ASSIGNED TASK:
Search for the word "InFresh" in the entries. Each line that holds it should be copied.

ENTRIES PROVIDED:

┏━━

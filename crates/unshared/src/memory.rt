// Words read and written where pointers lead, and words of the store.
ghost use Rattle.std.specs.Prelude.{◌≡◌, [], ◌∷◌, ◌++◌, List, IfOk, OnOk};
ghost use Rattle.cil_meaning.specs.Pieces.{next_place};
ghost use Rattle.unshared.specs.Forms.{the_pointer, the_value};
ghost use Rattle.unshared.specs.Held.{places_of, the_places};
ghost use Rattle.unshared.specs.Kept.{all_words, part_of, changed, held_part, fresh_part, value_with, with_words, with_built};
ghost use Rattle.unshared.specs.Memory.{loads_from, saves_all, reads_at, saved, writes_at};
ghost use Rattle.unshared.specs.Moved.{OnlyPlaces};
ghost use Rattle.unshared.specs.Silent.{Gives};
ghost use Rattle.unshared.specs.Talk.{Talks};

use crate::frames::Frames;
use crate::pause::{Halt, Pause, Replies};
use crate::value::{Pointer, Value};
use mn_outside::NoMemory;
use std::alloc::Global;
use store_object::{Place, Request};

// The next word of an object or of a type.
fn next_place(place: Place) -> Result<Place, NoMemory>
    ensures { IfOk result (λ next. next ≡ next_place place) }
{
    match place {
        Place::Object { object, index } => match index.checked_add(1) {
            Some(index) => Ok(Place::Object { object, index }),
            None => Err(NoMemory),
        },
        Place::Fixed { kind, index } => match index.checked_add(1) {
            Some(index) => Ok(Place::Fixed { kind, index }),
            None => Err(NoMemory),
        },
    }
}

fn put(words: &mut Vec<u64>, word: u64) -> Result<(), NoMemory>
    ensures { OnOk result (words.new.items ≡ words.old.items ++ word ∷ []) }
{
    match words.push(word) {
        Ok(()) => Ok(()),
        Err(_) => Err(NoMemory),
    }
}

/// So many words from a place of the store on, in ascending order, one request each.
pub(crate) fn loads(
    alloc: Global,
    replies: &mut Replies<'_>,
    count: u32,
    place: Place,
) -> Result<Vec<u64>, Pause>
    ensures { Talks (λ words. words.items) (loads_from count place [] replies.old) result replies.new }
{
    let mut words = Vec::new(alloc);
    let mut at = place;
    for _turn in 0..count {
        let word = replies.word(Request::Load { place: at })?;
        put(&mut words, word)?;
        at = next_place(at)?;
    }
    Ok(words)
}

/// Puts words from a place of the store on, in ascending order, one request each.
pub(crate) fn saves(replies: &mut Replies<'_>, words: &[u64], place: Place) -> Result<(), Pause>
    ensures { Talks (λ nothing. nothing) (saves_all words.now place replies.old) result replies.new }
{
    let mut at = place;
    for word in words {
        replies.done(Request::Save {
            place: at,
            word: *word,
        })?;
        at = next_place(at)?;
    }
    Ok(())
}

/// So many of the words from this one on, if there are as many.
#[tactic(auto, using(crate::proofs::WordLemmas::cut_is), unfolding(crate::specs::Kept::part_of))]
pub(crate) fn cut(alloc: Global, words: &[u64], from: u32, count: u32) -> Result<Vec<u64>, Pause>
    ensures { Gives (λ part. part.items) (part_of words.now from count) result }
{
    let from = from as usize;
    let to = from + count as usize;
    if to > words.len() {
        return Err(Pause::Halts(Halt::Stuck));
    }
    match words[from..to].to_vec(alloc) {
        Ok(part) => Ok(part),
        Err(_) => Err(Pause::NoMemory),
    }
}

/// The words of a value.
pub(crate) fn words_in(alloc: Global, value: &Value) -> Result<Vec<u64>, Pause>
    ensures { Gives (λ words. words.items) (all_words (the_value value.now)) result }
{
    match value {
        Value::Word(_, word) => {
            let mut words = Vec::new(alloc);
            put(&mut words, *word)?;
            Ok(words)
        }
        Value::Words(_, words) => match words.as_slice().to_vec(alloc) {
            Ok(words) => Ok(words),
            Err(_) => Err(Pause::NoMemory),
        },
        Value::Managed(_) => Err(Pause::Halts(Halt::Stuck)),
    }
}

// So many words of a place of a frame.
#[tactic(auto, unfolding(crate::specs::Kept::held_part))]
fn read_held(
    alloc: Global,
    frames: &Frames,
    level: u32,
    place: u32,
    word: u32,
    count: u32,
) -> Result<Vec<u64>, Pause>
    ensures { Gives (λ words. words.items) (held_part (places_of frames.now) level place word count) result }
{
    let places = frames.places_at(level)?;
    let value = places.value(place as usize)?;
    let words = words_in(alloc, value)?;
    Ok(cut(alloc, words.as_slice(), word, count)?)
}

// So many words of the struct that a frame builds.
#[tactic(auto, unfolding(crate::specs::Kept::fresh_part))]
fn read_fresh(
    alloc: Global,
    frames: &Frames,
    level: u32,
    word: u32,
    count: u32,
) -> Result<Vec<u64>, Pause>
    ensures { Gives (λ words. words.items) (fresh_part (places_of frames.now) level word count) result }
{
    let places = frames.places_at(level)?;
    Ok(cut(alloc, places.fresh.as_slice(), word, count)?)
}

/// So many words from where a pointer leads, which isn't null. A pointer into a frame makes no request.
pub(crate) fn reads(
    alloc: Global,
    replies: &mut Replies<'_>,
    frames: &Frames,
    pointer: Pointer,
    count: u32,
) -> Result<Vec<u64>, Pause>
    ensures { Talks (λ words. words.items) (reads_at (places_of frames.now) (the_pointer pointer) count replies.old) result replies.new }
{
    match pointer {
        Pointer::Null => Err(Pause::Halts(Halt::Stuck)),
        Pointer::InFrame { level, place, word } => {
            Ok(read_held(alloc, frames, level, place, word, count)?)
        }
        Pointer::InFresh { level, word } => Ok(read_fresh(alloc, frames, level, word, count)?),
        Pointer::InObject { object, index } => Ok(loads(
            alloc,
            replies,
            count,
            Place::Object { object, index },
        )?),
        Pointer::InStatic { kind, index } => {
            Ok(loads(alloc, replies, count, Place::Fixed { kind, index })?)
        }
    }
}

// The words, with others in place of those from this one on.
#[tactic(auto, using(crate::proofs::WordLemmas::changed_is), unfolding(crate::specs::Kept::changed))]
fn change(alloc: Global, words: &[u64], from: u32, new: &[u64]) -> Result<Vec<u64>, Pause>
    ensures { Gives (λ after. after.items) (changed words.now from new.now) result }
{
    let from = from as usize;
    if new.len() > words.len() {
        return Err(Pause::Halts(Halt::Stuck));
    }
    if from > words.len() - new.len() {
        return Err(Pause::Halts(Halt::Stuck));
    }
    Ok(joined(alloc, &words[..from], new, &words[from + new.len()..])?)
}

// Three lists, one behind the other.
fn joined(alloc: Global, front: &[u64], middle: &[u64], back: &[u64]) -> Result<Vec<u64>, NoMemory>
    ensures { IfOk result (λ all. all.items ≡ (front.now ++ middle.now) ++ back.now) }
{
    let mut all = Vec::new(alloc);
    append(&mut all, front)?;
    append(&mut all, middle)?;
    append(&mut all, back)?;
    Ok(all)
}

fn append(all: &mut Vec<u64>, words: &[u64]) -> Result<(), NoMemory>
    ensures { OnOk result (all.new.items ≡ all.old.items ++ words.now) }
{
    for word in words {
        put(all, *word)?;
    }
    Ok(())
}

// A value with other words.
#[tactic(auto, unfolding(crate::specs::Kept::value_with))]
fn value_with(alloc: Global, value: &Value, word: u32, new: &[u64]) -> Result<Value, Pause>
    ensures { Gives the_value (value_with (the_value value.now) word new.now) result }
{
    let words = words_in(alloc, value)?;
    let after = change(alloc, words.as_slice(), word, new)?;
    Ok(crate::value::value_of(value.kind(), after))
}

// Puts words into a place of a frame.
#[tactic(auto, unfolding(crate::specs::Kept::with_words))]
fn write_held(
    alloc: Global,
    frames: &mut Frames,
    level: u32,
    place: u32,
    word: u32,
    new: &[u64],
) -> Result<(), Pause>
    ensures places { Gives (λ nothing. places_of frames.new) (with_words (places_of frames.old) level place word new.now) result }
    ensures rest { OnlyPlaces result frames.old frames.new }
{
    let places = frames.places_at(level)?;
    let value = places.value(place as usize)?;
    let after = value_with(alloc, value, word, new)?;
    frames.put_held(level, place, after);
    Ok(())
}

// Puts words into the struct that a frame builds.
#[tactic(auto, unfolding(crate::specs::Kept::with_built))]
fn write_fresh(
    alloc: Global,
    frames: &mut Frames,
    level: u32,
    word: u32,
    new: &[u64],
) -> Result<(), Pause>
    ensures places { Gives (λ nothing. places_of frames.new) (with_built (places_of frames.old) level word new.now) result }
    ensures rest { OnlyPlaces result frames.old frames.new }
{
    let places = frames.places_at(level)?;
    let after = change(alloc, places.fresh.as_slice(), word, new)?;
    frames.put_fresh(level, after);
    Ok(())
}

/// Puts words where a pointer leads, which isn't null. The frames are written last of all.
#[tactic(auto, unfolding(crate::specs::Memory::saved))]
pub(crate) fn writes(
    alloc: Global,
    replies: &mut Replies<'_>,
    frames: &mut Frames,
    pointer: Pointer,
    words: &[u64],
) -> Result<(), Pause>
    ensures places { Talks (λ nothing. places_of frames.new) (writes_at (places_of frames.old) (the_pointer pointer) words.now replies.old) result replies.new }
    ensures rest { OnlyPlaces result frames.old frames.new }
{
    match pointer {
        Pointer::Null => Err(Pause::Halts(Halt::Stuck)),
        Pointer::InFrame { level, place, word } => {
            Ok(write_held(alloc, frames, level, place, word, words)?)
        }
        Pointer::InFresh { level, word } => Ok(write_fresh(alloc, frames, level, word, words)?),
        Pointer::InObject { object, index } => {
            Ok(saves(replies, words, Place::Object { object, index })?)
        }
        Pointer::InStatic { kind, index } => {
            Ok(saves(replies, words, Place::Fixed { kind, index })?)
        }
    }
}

┗━━

WRITTEN ANSWER:
        Pointer::InFresh { level, word } => Ok(read_fresh(alloc, frames, level, word, count)?),
        Pointer::InFresh { level, word } => Ok(write_fresh(alloc, frames, level, word, words)?),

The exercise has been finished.